» WORK REQUEST:
Your answer should consist of every line from the records that holds the string "bool".

» PROVIDED MATERIAL:
++++++++++++++++++++
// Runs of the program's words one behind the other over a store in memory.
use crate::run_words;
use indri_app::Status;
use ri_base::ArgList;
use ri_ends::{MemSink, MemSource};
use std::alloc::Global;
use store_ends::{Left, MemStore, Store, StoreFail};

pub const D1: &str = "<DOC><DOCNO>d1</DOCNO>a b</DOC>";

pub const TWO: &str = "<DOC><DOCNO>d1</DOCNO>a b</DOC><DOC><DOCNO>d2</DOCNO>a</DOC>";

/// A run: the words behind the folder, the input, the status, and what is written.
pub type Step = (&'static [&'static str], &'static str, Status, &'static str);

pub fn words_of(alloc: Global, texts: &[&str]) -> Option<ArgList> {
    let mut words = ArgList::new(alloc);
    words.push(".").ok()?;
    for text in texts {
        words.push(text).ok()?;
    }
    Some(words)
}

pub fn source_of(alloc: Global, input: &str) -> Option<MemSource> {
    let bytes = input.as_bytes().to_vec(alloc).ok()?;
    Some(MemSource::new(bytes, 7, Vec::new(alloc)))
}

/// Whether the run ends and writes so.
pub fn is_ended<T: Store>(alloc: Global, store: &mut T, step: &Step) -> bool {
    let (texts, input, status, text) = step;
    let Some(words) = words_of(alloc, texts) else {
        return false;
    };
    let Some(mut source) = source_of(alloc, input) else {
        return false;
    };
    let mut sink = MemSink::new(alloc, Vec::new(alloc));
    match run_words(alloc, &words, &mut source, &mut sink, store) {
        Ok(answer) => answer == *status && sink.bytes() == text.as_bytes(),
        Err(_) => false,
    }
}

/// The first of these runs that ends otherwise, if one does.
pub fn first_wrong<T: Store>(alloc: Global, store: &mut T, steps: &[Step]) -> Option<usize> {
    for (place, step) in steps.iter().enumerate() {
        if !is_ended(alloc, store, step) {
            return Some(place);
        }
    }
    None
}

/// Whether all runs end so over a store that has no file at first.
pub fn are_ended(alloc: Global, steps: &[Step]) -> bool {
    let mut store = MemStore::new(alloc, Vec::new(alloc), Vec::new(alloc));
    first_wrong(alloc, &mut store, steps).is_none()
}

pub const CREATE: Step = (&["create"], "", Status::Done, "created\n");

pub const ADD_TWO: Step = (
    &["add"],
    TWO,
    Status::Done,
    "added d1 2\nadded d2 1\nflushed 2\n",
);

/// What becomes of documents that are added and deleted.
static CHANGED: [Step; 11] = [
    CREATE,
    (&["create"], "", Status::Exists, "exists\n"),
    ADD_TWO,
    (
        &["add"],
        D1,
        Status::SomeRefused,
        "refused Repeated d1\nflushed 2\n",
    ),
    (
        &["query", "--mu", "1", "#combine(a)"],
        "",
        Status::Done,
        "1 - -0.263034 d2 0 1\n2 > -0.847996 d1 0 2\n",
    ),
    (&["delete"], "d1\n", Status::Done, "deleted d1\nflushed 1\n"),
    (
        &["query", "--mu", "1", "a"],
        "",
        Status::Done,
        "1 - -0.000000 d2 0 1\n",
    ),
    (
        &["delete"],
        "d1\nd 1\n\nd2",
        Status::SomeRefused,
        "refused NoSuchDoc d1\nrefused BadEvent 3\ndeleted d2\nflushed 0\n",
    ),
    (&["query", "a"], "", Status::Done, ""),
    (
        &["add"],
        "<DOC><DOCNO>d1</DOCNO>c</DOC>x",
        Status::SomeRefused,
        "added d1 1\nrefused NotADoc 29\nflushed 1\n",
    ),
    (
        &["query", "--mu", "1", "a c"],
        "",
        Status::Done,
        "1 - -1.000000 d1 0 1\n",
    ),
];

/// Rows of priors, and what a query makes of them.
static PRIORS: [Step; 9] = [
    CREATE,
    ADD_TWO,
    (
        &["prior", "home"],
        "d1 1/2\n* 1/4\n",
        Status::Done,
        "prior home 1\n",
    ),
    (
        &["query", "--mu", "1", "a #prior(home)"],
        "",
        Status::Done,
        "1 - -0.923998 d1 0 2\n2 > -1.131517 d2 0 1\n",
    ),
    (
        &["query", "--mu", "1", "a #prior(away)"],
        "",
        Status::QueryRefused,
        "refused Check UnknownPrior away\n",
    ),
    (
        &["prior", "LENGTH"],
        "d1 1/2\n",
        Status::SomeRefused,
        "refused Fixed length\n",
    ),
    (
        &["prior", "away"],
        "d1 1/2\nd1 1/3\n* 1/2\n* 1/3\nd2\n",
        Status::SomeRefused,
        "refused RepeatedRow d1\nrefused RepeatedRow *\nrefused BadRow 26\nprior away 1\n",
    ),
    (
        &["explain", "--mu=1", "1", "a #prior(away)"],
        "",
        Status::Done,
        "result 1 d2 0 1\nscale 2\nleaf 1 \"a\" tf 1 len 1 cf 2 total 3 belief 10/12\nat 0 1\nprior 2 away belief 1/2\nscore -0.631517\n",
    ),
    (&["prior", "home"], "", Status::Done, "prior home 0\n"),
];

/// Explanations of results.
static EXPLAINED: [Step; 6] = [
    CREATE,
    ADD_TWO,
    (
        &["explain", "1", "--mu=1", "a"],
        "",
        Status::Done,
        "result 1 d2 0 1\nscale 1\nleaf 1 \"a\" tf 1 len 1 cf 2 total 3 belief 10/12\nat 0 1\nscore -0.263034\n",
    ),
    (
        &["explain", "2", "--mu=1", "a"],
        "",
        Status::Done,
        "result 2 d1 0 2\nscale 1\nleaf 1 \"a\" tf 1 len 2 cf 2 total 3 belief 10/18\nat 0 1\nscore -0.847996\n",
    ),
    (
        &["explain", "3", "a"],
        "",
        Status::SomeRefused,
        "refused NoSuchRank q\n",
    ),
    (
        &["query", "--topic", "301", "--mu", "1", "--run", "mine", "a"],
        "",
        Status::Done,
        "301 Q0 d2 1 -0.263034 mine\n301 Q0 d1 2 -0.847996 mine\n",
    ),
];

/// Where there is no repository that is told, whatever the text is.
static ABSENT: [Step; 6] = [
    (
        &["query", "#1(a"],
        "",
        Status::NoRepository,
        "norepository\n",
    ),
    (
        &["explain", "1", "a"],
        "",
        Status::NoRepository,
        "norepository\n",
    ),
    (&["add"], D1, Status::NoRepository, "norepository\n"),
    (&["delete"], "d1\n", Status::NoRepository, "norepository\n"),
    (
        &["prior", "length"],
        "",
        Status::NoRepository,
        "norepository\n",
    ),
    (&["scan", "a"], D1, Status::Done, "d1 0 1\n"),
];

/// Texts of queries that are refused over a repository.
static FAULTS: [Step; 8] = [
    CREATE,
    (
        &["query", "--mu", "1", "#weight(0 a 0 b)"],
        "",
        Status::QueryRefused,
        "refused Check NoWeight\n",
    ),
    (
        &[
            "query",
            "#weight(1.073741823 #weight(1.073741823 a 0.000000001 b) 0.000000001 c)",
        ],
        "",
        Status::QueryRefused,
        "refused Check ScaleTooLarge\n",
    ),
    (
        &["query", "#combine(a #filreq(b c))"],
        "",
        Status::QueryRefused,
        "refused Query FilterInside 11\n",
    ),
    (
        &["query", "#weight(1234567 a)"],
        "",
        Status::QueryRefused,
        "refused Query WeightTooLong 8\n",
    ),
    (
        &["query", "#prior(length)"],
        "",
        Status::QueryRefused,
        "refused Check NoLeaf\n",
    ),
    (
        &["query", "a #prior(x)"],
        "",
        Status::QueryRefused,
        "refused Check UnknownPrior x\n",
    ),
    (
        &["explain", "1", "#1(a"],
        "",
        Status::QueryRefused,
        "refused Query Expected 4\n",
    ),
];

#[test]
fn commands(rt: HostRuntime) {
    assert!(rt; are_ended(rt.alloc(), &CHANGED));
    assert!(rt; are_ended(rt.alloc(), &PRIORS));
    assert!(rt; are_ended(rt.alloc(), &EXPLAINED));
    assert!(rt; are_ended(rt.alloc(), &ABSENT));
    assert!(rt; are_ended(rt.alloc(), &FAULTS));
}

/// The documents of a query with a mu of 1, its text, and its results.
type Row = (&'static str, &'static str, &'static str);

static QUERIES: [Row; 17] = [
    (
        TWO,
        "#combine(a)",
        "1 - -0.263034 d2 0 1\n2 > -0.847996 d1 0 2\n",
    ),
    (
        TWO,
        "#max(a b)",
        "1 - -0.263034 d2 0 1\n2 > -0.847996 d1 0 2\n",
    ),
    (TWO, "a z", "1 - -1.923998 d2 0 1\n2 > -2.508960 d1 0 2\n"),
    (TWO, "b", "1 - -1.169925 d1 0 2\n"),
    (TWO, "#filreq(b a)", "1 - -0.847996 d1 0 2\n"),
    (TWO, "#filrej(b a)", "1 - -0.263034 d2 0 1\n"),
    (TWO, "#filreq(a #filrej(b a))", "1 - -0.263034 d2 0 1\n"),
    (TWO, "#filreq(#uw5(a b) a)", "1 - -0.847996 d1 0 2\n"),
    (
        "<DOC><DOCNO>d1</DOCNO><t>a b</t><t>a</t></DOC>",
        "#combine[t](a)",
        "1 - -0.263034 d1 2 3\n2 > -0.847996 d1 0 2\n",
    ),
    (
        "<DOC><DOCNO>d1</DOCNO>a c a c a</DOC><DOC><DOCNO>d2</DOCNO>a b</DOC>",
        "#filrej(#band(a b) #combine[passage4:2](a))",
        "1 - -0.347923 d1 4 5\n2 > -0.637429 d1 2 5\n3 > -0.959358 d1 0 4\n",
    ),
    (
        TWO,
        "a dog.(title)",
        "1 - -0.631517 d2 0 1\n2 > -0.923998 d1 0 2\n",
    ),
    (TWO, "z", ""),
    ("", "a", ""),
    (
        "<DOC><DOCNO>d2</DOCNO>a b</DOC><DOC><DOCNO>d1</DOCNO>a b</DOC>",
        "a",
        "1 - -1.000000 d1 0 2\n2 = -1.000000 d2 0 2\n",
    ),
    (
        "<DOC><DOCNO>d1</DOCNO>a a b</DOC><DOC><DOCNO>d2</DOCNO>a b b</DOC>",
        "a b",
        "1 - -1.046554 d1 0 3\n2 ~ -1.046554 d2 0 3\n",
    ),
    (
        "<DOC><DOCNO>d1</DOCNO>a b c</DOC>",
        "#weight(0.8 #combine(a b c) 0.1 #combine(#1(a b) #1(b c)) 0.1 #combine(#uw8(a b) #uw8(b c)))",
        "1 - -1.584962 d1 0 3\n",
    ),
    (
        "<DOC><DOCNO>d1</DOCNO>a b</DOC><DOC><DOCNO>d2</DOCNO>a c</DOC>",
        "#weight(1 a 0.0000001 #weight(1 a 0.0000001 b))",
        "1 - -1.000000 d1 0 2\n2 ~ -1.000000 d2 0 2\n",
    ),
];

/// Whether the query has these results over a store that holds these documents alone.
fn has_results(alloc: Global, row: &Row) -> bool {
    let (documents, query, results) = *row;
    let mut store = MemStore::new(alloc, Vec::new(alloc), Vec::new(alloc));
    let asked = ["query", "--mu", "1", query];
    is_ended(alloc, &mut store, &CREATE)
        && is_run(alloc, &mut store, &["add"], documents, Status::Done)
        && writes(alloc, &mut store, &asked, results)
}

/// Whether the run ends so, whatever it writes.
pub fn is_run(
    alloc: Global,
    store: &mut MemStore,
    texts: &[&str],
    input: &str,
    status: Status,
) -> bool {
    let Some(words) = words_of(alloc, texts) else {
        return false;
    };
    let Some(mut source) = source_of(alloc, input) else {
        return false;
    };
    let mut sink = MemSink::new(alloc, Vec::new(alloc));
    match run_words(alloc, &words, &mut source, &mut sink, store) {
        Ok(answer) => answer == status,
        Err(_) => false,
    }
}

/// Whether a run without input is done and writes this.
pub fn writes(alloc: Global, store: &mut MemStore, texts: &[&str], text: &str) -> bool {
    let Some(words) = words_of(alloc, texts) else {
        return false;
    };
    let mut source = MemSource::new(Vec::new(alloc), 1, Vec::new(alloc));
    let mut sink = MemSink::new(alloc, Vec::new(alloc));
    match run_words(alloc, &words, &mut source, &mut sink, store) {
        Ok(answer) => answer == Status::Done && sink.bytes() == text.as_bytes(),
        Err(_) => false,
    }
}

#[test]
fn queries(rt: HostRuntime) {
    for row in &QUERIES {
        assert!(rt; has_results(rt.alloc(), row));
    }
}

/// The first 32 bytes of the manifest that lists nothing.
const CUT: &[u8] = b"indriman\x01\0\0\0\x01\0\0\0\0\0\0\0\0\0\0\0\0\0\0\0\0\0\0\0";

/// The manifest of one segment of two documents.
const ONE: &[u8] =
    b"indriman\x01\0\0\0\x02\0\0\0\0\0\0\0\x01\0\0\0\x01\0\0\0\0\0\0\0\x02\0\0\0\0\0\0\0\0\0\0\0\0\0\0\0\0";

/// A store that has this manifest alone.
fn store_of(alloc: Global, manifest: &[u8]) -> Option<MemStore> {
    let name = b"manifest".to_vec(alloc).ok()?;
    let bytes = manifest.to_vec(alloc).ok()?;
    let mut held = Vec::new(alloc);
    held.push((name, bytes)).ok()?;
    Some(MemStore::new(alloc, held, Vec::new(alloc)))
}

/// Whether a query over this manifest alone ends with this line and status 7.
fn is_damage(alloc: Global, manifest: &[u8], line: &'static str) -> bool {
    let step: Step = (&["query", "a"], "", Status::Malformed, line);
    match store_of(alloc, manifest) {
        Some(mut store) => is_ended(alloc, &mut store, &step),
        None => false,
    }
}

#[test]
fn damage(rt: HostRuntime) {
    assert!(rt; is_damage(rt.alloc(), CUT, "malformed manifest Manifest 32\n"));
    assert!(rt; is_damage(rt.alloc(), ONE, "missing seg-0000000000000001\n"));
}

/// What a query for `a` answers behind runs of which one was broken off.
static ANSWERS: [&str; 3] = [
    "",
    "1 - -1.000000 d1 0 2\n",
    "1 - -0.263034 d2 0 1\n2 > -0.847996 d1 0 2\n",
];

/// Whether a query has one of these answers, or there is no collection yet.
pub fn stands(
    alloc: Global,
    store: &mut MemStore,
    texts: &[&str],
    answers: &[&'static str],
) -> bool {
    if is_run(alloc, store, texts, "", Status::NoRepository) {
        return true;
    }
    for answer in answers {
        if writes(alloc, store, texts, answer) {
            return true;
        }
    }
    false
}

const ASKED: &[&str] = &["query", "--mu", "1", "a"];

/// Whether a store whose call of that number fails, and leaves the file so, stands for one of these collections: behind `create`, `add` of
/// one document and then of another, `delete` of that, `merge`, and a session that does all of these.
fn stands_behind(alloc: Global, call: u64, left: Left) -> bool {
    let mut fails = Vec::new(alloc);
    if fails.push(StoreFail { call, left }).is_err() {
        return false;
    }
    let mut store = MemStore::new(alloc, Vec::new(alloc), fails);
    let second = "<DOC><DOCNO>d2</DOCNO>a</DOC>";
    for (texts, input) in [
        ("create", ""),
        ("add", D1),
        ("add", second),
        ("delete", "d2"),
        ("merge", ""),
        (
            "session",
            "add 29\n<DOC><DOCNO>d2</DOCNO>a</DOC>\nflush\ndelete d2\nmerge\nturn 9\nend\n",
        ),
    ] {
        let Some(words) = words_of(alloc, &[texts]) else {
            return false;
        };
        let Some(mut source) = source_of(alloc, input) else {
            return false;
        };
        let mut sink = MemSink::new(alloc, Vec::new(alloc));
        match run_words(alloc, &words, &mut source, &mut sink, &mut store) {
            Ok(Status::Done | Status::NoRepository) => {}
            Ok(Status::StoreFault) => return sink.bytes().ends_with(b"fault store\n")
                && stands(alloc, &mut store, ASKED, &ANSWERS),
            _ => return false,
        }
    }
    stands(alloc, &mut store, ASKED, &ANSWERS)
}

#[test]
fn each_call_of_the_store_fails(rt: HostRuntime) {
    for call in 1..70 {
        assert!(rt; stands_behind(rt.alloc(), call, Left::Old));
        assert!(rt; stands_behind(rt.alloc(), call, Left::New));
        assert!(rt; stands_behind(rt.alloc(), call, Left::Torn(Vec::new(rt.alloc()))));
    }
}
++++++++++++++++++++
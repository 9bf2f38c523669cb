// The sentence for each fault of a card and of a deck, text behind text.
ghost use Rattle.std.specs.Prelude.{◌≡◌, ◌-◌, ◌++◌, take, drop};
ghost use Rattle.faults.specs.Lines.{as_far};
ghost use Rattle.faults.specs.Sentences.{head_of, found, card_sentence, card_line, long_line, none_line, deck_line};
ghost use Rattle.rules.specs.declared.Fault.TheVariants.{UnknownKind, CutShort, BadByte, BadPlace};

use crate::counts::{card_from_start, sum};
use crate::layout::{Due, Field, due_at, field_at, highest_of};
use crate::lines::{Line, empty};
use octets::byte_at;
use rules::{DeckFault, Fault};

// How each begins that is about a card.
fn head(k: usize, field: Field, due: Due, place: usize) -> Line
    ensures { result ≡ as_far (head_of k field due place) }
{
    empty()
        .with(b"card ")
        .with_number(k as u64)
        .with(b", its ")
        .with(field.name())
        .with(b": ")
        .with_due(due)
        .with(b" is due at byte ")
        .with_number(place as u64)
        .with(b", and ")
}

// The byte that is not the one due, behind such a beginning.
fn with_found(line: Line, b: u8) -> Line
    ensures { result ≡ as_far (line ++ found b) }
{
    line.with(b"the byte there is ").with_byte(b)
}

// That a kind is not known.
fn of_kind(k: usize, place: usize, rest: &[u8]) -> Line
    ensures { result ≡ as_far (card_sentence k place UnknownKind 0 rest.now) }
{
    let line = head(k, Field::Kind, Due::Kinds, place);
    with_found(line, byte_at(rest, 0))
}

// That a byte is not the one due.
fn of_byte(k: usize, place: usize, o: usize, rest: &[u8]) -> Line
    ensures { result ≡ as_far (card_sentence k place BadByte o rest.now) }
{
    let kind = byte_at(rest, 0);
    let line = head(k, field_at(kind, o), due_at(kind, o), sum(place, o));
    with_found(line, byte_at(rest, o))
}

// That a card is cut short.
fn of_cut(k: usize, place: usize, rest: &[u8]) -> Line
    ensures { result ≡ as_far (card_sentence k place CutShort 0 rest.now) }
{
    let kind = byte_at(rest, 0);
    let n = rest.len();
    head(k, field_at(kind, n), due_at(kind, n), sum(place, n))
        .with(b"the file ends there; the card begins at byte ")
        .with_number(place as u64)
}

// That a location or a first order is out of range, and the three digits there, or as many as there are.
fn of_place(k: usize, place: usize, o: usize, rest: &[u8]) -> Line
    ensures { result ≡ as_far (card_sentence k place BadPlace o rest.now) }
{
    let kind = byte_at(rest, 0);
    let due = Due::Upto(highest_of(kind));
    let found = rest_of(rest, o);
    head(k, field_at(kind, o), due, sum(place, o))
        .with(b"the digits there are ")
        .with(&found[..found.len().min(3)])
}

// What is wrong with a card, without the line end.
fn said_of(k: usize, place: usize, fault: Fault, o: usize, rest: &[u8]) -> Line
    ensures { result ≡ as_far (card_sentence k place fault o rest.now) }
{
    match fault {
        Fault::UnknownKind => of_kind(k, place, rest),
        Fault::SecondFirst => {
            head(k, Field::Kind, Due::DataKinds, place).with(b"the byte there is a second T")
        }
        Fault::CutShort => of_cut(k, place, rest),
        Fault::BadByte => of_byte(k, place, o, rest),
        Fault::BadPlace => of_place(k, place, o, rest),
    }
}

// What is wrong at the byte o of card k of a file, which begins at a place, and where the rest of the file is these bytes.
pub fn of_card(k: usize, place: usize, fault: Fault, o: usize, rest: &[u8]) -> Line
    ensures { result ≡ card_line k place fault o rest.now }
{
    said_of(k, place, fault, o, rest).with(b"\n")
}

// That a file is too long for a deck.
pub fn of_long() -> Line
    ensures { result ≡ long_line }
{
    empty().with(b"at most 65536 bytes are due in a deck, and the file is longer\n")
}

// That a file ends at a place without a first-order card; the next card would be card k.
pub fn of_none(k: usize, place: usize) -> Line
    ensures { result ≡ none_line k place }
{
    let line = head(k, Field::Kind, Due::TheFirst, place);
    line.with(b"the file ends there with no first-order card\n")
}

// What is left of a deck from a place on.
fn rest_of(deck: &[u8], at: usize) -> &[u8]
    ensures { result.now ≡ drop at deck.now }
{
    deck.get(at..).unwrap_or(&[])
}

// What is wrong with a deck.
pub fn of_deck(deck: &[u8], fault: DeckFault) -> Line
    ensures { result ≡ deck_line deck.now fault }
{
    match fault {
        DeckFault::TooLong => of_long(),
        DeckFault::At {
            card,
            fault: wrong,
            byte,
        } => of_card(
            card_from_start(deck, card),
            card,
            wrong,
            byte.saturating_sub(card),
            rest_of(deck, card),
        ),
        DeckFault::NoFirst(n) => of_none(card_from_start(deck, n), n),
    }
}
++++++++++++++++++++
» ANSWER TO THE PROBLEM:
pub fn is_ended<T: Store>(alloc: Global, store: &mut T, step: &Step) -> bool {
pub fn are_ended(alloc: Global, steps: &[Step]) -> bool {
fn has_results(alloc: Global, row: &Row) -> bool {
) -> bool {
pub fn writes(alloc: Global, store: &mut MemStore, texts: &[&str], text: &str) -> bool {
fn is_damage(alloc: Global, manifest: &[u8], line: &'static str) -> bool {
) -> bool {
fn stands_behind(alloc: Global, call: u64, left: Left) -> bool {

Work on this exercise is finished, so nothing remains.